Neben den von der Ärztekammer vorgegebenen Lernzielen der Facharzt-Weiterbildung sieht sich unsere Klinik verpflichtet, in der Weiterbildung Inhalte zu vermitteln, die über das Expertenwissen hinausgehen. Zum Teil sind diese Inhalte in der neuen Weiterbildungsordnung enthalten, zum Teil gehen diese übergeordneten Weiterbildungsziele ("Kompetenzen" genannt) deutlich über die Weiterbildungsordnung hinaus. Nachfolgend finden Sie einige Erläuterungen zu den verschiedenen Kompetenzen.

Kompetenz „medizinischer Experte“

> Demonstration sinnvoller Patientenversorgung (Standard)

  • Relevantes Grundlagen- und differenziertes Fachwissen
  • Sinnvolle Synthese von Informationen den Patienten und den Eingriff bzw. die Situation betreffend und daraus folgend adäquater Einsatz von diagnostischen und therapeutischen Maßnahmen
  • Beherrschung von Fertigkeiten und Methoden, die dem aktuellen Facharztkatalog entsprechen
  • Evidenzbasiertes Handeln

> Adäquate Wissensweitergabe

  • Bed-side-teaching, Halten verständlicher Vorträge

Kompetenz „Lebenslanges Lernen“

  • Entwicklung, Implementierung und Kontrolle einer Strategie zur lebenslangen Weiterbildung
  • Durchführung und kritische Bewertung von Literaturrecherchen
  • Fallvorstellung aus der eigenen Praxis im Rahmen von MM-Konferenzen
  • Kritische Bewertung von Fortbildungsinhalten und medizinischer Informationsquellen

Kompetenz „Professionelles Verhalten“

  • Anwendung ethischer und rechtlicher Grundsätze
  • Übernahme und Abgabe von Verantwortung, adäquate Selbsteinschätzung
  • Zuverlässigkeit, Pünktlichkeit, Kollegialität, Rücksprache/ Austausch mit Assistenzarztkollegen, Fach- und Oberärzten
  • Ruhiges, sicheres und freundliches Auftreten gegenüber Patienten, Angehörigen und Mitarbeitern aller Berufsgruppen
  • Überprüfung der eigenen Leistung, des eigenen Handelns und ggf.

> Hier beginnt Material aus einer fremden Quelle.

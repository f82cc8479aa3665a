//! The answers that are kept go into their table, whose key is a word and whose rows stay as they are.
ghost use Rattle.std.specs.Prelude.{◌≡◌, IfErr, IfOk, OnOk, OnErr, All, None, option_copied};
ghost use Rattle.std.specs.FinMap.{get, insert};
ghost use Rattle.sqlite.specs.Held.{state};
ghost use Rattle.sqlite.specs.State.{HasCleanDisk, KeepsCommit, Survives};
ghost use Rattle.sheet_core.specs.Columns.{IsSmall, AreSmall};
ghost use Rattle.sheet_core.specs.Filled.{StandUnderKeys};
ghost use Rattle.sheet_core.specs.Sheet.{Table, given, now_of};
ghost use Rattle.table_store.specs.Transactions.{IsOfMemoryOrStore, MayUndo};
ghost use Rattle.table_store.specs.declared.name.TableName.TheVariants.{Kept};
ghost use Rattle.table_store.specs.Written.{tree_of, IsReady, IsTableOf, MayStop, Writes, SuitKept};
ghost use Rattle.table_store.specs.Written.{KeptTakes, StayAsTheyAre, AreNew, changes_of, given_all};

use crate::fault::TableFault;
use crate::name::TableName;
use crate::rows::put_row;
use crate::write::values_of;
use sheet_core::{Pending, Sheet, Stored};
use sqlite::{Alter, Connection};
use std::alloc::Global;

/// Puts a row of the machine under its word.
fn add_row<S: Alter, R: Stored>(
    alloc: Global,
    conn: &mut Connection<S>,
    row: &R,
) -> Result<(), TableFault>
    requires ready { HasCleanDisk (state S.Store conn.old) → IsReady (state S.Store conn.old) }
    requires suits { SuitKept R.columns_of R.key_of }
    requires small { All IsSmall (R.columns_of row.now) }
    ensures set { HasCleanDisk (state S.Store conn.new)
        → OnOk result (Writes Kept (state S.Store conn.old) (state S.Store conn.new)) }
    ensures put { HasCleanDisk (state S.Store conn.new) → (rows : Table R)
        → StandUnderKeys R.key_of rows
        → get rows (R.key_of row.now) ≡ None
        → IsTableOf R.row_from R.columns_of Kept (tree_of Kept (state S.Store conn.old)) rows
        → OnOk result (IsTableOf R.row_from R.columns_of Kept
        (tree_of Kept (state S.Store conn.new))
        (insert rows (R.key_of row.now) row.now)) }
    ensures failed { HasCleanDisk (state S.Store conn.new)
        → IfErr result (MayUndo (state S.Store conn.old) (state S.Store conn.new)) }
    ensures fault { IfErr result IsOfMemoryOrStore }
    ensures crash { Survives (state S.Store conn.old) (state S.Store conn.new) (λ _. ⊥) }
{
    let columns = row.columns(alloc)?;
    let values = values_of(alloc, columns.as_slice())?;
    put_row(conn, TableName::Kept, values.as_slice())
}

/// Makes one change in the table, which is a row that is new.
fn add_change<S: Alter, R: Stored>(
    alloc: Global,
    conn: &mut Connection<S>,
    change: &Pending<'_, R>,
) -> Result<(), TableFault>
    requires ready { HasCleanDisk (state S.Store conn.old) → IsReady (state S.Store conn.old) }
    requires suits { SuitKept R.columns_of R.key_of }
    requires takes { KeptTakes R.columns_of R.key_of
        (R.Key.digits change.now.key.now) (option_copied change.now.row) }
    ensures set { HasCleanDisk (state S.Store conn.new)
        → OnOk result (Writes Kept (state S.Store conn.old) (state S.Store conn.new)) }
    ensures made { HasCleanDisk (state S.Store conn.new) → (rows : Table R)
        → StandUnderKeys R.key_of rows
        → get rows (R.Key.digits change.now.key.now) ≡ None
        → IsTableOf R.row_from R.columns_of Kept (tree_of Kept (state S.Store conn.old)) rows
        → OnOk result (IsTableOf R.row_from R.columns_of Kept
        (tree_of Kept (state S.Store conn.new))
        (given (R.Key.digits change.now.key.now) (option_copied change.now.row) rows)) }
    ensures failed { HasCleanDisk (state S.Store conn.new)
        → IfErr result (MayUndo (state S.Store conn.old) (state S.Store conn.new)) }
    ensures fault { IfErr result IsOfMemoryOrStore }
    ensures crash { Survives (state S.Store conn.old) (state S.Store conn.new) (λ _. ⊥) }
{
    match change.row {
        Some(row) => add_row::<S, R>(alloc, conn, row),
        None => unreachable!(),
    }
}

/// Makes the changes in the table, in their order.
fn add_changes<S: Alter, R: Stored>(
    alloc: Global,
    conn: &mut Connection<S>,
    changes: &[Pending<'_, R>],
) -> Result<(), TableFault>
    requires ready { HasCleanDisk (state S.Store conn.old) → IsReady (state S.Store conn.old) }
    requires suits { SuitKept R.columns_of R.key_of }
    requires takes { All (λ c. KeptTakes R.columns_of R.key_of c.0 c.1)
        (changes_of R.Key.digits changes.now) }
    ensures set { HasCleanDisk (state S.Store conn.new)
        → OnOk result (Writes Kept (state S.Store conn.old) (state S.Store conn.new)) }
    ensures made { HasCleanDisk (state S.Store conn.new) → (rows : Table R)
        → StandUnderKeys R.key_of rows
        → AreNew (changes_of R.Key.digits changes.now) rows
        → IsTableOf R.row_from R.columns_of Kept (tree_of Kept (state S.Store conn.old)) rows
        → OnOk result (IsTableOf R.row_from R.columns_of Kept
        (tree_of Kept (state S.Store conn.new))
        (given_all (changes_of R.Key.digits changes.now) rows)) }
    ensures failed { HasCleanDisk (state S.Store conn.new)
        → IfErr result (MayStop Kept (state S.Store conn.old) (state S.Store conn.new)) }
    ensures fault { IfErr result IsOfMemoryOrStore }
    ensures crash { Survives (state S.Store conn.old) (state S.Store conn.new) (λ _. ⊥) }
{
    for change in changes {
        add_change::<S, R>(alloc, conn, change)?;
    }
    Ok(())
}

/// The rows of a sheet that are new since the request began go into the table `kept`, within the transaction that
/// the caller began. It takes no row away and changes none, so none may have gone or changed. A fault leaves what one of
/// `write_pending` does.
pub fn write_kept<S: Alter, R: Stored>(
    alloc: Global,
    conn: &mut Connection<S>,
    sheet: &Sheet<R>,
) -> Result<(), TableFault>
    requires ready { HasCleanDisk (state S.Store conn.old) → IsReady (state S.Store conn.old) }
    requires suits { SuitKept R.columns_of R.key_of }
    requires own { StandUnderKeys R.key_of (now_of sheet.now) }
    requires small { AreSmall R.columns_of (now_of sheet.now) }
    requires added { StayAsTheyAre sheet.now.before (now_of sheet.now) }
    requires before { HasCleanDisk (state S.Store conn.old)
        → IsTableOf R.row_from R.columns_of Kept (tree_of Kept (state S.Store conn.old))
        sheet.now.before }
    ensures written { HasCleanDisk (state S.Store conn.new)
        → OnOk result (IsTableOf R.row_from R.columns_of Kept
        (tree_of Kept (state S.Store conn.new)) (now_of sheet.now)) }
    ensures set { HasCleanDisk (state S.Store conn.new)
        → OnOk result (Writes Kept (state S.Store conn.old) (state S.Store conn.new)) }
    ensures failed { HasCleanDisk (state S.Store conn.new)
        → IfErr result (MayStop Kept (state S.Store conn.old) (state S.Store conn.new)) }
    ensures commit { HasCleanDisk (state S.Store conn.new)
        → KeepsCommit (state S.Store conn.old) (state S.Store conn.new) }
    ensures fault { IfErr result IsOfMemoryOrStore }
    ensures crash { Survives (state S.Store conn.old) (state S.Store conn.new) (λ _. ⊥) }
{
    let changes = sheet.pending()?;
    add_changes::<S, R>(alloc, conn, changes.as_slice())
}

Korrektur
  • Umsetzung von Qualitätssicherungsmethoden
  • Nachvollziehbare und relevante Dokumentation
  • Schaffung eines optimalen Arbeitsumfeldes
  • Meldung von Beinahezwischenfällen an zentrale Meldesysteme (CIRS)
  • Nachbesprechung von Zwischenfällen im Team
  • Annahme von Kritik bzw. Äußerung derselben auf konstruktive Weise

Kompetenz „Kommunikation mit Patienten und Angehörigen“

  • Anwendung patientenzentrierter Gesprächstechnik
  • Schaffung einer der Situation angemessenen und ruhigen Atmosphäre
  • Zuhören und Einbeziehung mehrerer Gesprächspartner (Patient und Angehörige)
  • Berücksichtigung der Intimsphäre des Patienten und der Schweigepflicht
  • Schaffung eines Arzt-Patienten-Kontaktes, der auf Verständnis, Respekt, Empathie und Vertrauen beruht
  • Verständliche Kommunikation und Einbeziehung von Patient und Angehörigen in die Entscheidungsfindung, angemessene Mitteilung negativer Diagnosen

Kompetenz „Effiziente Zusammenarbeit im Team“

  • Effektive Mitarbeit im Team (je nach Situation Übernahme von Verantwortung, Treffen von Entscheidungen oder Ausführung von Anweisungen)
  • Respektieren anderer Teammitglieder und deren Kompetenzen, Einbeziehung anderer Teammitglieder
  • Konstruktive Diskussion von Stärken und Schwächen im Team, Reflexion des eigenen Verhaltens
  • Beitrag zur homogenen Kommunikation des Teams gegenüber Patienten

Kompetenz „Management und Organisation“

  • Sinnvolle Nutzung vorhandener Ressourcen, wirtschaftliches und umweltfreundliches Arbeiten
  • Vorbesprechung bestimmter Abläufe, vorausschauendes Arbeiten
  • Treffen klarer Entscheidungen und Anweisungen
  • Ausüben einer Vorbildfunktion

Kompetenz „Gesundheitsfürsorge“

  • Beteiligung an integrierter Versorgung (z.B. klinische Behandlungspfade, Schmerztherapie, ambulante Gesundheitseinrichtungen)
  • Kenntnis der Strukturen des Gesundheitssystems, Nutzung und kritische Wertung derselben
  • Erkennen anästhesiologischer und nichtanästhesiologischer Risikofaktoren und Beratung hinsichtlich Verhaltensänderung ( z.B. während der Prämedikationsvisite)
  • Vorbildfunktion

Simulationskurse

Im Rahmen der Facharztweiterbildung Anästhesiologie empfiehlt unsere Klinik an folgenden Simulationskursen im jeweiligen Ausbildungsjahr teilzunehmen:

 

1. Jahr: Advanced Cardiac Life Support (ACLS)-Kurs + Crisis Resource Management (CRM)-Kurs

2. Jahr: Berliner RegionalAnästhesie INtensiv (BRAIN)-Kurs

3. Jahr: Echo-/Ultraschallkurs (PFE – perioperative fokussierte Echokardiographie)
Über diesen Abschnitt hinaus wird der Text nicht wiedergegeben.